What the task requires: In the records, find every line with the word "ClosedOnlyByRounds" and copy it out.

Data provided:
>>>>

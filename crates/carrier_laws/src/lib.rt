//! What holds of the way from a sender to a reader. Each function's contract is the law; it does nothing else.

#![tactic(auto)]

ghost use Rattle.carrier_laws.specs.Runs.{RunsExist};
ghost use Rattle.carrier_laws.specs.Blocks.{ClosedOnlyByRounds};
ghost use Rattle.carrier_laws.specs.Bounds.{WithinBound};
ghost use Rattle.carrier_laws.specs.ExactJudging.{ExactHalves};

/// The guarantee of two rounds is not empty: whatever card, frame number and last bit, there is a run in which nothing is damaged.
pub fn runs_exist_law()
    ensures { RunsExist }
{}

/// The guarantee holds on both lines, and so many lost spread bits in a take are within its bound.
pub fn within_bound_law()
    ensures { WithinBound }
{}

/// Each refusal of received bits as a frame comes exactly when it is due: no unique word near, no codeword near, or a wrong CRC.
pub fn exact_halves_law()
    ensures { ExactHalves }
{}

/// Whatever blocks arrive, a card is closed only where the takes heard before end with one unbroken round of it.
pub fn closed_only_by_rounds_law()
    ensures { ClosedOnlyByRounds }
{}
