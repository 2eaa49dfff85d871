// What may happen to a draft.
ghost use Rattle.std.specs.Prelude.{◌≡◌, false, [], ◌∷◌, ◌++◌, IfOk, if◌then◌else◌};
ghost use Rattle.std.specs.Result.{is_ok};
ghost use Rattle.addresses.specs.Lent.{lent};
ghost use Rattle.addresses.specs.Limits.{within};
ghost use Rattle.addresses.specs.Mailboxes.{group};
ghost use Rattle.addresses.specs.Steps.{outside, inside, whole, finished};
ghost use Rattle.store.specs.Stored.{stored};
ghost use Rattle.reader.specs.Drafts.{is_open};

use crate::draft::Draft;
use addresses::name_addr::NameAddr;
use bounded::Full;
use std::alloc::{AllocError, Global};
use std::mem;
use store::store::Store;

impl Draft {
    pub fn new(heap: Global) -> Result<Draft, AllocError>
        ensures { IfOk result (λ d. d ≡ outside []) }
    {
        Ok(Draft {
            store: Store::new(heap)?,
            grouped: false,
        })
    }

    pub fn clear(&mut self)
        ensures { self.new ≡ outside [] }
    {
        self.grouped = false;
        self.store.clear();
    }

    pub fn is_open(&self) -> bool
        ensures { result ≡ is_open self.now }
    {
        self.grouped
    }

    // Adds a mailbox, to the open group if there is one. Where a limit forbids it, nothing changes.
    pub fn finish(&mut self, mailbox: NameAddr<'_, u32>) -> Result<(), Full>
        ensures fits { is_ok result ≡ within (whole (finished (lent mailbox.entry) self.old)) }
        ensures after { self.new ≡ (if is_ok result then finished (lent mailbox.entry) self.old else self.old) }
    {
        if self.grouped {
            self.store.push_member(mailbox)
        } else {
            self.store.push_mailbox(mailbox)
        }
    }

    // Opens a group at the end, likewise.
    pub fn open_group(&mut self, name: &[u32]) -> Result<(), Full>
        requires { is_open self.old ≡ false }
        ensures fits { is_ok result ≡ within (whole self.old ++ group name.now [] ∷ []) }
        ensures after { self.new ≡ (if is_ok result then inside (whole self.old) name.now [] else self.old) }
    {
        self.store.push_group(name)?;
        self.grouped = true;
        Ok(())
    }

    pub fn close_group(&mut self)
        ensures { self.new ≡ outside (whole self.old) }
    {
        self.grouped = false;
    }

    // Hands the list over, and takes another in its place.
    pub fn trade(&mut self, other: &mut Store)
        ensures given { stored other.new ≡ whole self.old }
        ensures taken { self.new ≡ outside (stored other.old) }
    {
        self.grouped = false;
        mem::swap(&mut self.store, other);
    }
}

<<<<

Solution to the exercise:
ghost use Rattle.carrier_laws.specs.Blocks.{ClosedOnlyByRounds};
    ensures { ClosedOnlyByRounds }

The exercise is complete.